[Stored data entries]

· · · ·

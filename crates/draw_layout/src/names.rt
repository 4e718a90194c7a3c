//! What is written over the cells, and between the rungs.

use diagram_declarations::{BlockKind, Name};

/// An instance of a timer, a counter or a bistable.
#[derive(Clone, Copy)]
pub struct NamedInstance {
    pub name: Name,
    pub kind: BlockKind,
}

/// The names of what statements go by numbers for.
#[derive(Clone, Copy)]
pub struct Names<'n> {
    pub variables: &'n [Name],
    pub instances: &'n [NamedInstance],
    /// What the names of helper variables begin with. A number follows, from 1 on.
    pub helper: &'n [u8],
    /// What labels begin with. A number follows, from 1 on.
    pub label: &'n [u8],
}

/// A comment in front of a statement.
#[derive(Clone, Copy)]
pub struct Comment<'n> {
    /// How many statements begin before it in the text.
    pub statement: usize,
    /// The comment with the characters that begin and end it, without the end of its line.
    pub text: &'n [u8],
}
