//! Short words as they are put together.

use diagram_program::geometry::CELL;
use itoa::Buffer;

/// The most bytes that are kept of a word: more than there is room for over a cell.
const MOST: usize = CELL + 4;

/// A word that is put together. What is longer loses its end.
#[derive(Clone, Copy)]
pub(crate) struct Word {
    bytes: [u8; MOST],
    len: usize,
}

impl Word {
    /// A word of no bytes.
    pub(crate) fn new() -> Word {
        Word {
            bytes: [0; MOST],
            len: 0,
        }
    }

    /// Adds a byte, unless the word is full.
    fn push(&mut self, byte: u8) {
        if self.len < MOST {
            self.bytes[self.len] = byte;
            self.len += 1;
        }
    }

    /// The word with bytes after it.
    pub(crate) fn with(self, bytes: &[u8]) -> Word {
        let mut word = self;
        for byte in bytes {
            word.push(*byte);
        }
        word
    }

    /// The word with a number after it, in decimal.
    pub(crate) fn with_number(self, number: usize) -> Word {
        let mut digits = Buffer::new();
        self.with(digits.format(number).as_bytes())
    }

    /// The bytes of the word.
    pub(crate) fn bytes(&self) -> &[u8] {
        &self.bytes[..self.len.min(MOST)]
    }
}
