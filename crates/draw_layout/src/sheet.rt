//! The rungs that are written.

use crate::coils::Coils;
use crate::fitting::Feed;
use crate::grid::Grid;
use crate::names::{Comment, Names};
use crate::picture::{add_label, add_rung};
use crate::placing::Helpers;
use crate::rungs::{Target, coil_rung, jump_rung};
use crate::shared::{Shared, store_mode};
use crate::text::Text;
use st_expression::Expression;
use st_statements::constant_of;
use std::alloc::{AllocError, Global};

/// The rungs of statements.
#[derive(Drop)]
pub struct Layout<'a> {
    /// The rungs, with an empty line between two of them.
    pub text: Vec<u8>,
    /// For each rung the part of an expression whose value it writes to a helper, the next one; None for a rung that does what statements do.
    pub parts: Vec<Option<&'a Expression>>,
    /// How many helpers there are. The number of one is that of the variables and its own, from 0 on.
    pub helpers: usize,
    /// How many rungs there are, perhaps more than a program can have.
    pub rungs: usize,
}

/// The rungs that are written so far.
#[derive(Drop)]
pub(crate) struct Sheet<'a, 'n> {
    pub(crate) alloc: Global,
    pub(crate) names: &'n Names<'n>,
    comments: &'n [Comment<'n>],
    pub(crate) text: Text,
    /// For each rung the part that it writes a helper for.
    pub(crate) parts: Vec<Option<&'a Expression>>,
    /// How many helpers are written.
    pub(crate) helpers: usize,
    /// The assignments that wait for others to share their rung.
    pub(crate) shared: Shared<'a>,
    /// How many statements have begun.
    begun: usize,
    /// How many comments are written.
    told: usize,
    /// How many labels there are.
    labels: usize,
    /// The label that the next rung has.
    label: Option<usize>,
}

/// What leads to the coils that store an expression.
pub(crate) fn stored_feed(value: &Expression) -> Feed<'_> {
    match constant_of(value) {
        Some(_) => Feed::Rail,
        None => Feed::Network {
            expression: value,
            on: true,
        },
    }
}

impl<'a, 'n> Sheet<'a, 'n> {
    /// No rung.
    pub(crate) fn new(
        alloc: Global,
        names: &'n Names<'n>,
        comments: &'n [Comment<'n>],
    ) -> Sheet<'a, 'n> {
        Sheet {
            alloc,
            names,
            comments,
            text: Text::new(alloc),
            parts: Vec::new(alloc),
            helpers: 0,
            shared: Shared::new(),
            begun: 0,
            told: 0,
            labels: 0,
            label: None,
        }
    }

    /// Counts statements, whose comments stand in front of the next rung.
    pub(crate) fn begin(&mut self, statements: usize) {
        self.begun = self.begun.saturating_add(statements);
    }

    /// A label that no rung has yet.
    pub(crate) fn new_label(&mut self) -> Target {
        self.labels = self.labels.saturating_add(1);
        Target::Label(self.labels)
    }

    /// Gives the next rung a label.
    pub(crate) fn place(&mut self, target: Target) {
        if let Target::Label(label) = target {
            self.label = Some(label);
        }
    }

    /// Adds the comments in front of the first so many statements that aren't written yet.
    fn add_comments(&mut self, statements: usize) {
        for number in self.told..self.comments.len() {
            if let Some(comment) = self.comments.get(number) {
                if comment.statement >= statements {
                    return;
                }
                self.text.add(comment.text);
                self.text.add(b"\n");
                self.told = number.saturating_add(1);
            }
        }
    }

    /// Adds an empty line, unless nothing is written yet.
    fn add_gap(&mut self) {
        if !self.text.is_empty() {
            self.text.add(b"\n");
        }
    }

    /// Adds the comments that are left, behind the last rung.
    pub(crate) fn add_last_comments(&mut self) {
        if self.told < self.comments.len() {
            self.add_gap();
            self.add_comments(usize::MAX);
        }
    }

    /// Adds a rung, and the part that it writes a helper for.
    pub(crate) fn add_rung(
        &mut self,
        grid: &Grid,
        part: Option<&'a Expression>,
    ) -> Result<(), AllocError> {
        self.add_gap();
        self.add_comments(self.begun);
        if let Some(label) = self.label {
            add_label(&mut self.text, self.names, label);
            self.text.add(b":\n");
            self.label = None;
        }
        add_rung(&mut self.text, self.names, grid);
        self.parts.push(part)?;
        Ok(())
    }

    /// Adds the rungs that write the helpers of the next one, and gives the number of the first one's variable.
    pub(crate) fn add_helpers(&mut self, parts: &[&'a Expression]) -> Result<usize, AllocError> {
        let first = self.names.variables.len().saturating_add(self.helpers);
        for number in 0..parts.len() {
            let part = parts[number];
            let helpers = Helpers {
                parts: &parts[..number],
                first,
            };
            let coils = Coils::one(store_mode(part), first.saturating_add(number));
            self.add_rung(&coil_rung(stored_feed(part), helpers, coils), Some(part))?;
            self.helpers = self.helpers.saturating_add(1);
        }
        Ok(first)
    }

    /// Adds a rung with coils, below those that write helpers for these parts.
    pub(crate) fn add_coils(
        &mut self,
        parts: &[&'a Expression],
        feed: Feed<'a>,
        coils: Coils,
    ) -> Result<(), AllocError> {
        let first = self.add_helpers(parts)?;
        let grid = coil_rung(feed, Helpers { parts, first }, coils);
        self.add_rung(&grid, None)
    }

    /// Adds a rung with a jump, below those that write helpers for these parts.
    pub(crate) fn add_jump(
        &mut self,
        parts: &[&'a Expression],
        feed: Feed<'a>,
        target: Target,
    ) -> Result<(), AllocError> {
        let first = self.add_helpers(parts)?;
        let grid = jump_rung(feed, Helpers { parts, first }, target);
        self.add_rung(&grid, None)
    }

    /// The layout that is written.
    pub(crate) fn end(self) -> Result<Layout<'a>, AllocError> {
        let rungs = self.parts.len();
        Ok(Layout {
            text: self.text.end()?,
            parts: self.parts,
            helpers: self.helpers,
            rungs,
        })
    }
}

· · · ·

TASK OBJECTIVE: Return all lines in the entries above that carry the word "None".

SOLUTION TO THIS TASK:
    /// For each rung the part of an expression whose value it writes to a helper, the next one; None for a rung that does what statements do.
        None => Feed::Network {
            label: None,
            self.label = None;
        self.add_rung(&grid, None)
        self.add_rung(&grid, None)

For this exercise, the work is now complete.